Upon failure to pay an instalment of interest due on the mortgage indebtedness the mortgagee foreclosed. The complaint described the mortgaged property by its legal subdivisions and as "including all water rights, irrigation ditches and canals thereto belonging or usually had or enjoyed in connection with said premises or any part thereof." Davis and Cruzen, appellants' predecessors in interest, appeared in the foreclosure action but raised no issue presented by this appeal. Appellants were personally served with process in the foreclosure action but defaulted. The cause was tried and a decree entered ordering sale of the mortgaged property, including the water and ditch rights, as described in the complaint. Pursuant to the decree and order of sale the premises were sold and purchased by plaintiff in the foreclosure action who conveyed his interest to W.D. Molony, plaintiff and respondent in this action, who brings the same to quiet title to the land with the water and ditch rights. Cruzen and wife, who were made parties defendant in this action, defaulted, and Davis and wife, also made defendants, filed a written disclaimer. Appellants Lehti answered, denying respondent's ownership of the property, and by cross-complaint alleged that they were the owners of the land, the water and ditch rights, and that such water and ditch rights were not appurtenant to this land. Evidence was offered by both parties and a decree was entered quieting the ownership of the property in respondent upon the ground that the water and ditch right were appurtenant to the land and passed under the sale in the foreclosure proceedings to the purchaser, grantor of respondent herein.

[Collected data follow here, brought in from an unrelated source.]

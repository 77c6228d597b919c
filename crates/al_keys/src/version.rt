use al_xacts::Xact;

/// A version of a row that has a key.
#[derive(Debug, Drop)]
pub struct KeyVersion {
    /// The row's number.
    pub row: u32,
    /// The version's place in the heap.
    pub place: u32,
    /// The transaction that made it.
    pub maker: Xact,
    /// The last transaction that removed or replaced it, if any did.
    pub remover: Option<Xact>,
}

/// What a transaction finds that looks for a key.
#[derive(Clone, Copy, Debug, PartialEq, Eq)]
pub enum Sought {
    /// No row has it.
    Free,
    /// A committed or own row has it.
    Held {
        /// The row.
        row: u32,
    },
    /// Another open transaction made a version that has it, or is removing one.
    Open {
        /// The transaction.
        by: Xact,
    },
}
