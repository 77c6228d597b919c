ghost use Rattle.std.specs.Prelude.{◌≡◌, not};
ghost use Rattle.std.specs.Ordering.{is_eq};
ghost use Rattle.al_keys.specs.Order.{sort_of, number_of, text_of, value_order, key_order, has_null, is_null};

use al_values::Value;
use std::cmp::Ordering;

fn sort_of(value: &Value) -> u8
    ensures { result ≡ sort_of value.now }
{
    match value {
        Value::Null => 0,
        Value::Bool(_) => 1,
        Value::Int(_) => 2,
        Value::Text(_) => 3,
        Value::Day(_) => 4,
    }
}

fn number_of(value: &Value) -> i64
    ensures { result ≡ number_of value.now }
{
    match value {
        Value::Bool(truth) => { if *truth { 1 } else { 0 } }
        Value::Int(number) => *number,
        Value::Day(day) => i64::from(*day),
        _ => 0,
    }
}

fn text_of(value: &Value) -> &[u8]
    ensures { result.now ≡ text_of value.now }
{
    match value {
        Value::Text(text) => text.as_bytes(),
        _ => &[],
    }
}

/// The order of two values: by their sorts, then by number or text.
fn value_order(a: &Value, b: &Value) -> Ordering
    ensures { result ≡ value_order a.now b.now }
{
    let sorts = sort_of(a).cmp(&sort_of(b));
    let numbers = number_of(a).cmp(&number_of(b));
    let texts = text_of(a).cmp(text_of(b));
    sorts.then(numbers.then(texts))
}

/// The order of two keys.
pub fn key_order(a: &[Value], b: &[Value]) -> Ordering
    ensures { result ≡ key_order a.now b.now }
{
    let least = a.len().min(b.len());
    for at in 0..least {
        let order = value_order(&a[at], &b[at]);
        if is_decided(order) {
            return order;
        }
    }
    if a.len() < b.len() {
        Ordering::Less
    } else if b.len() < a.len() {
        Ordering::Greater
    } else {
        Ordering::Equal
    }
}

fn is_decided(order: Ordering) -> bool
    ensures { result ≡ not (is_eq order) }
{
    match order {
        Ordering::Equal => false,
        Ordering::Less => true,
        Ordering::Greater => true,
    }
}

fn is_null(value: &Value) -> bool
    ensures { result ≡ is_null value.now }
{
    match value {
        Value::Null => true,
        _ => false,
    }
}

/// Whether a key has a null.
pub fn has_null(key: &[Value]) -> bool
    ensures { result ≡ has_null key.now }
{
    key.iter().any(|value| is_null(value))
}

Appellants contend that, because there was no water or ditch right appurtenant to the land or any water used upon it when the mortgage was executed by Davis to Eberle, the subsequent acquisition of such a right by them later and the construction of a ditch in which this water was conveyed to the premises would not make either the water right or the ditch through which the water was conveyed to the land an appurtenance that would or did pass by the sheriff's deed in the foreclosure proceedings; that a water or ditch right not in esse at the time of the execution of a conveyance and hence not mentioned therein, but which was subsequently acquired, and created, does not become appurtenant to the land and pass with the title acquired under foreclosure proceedings.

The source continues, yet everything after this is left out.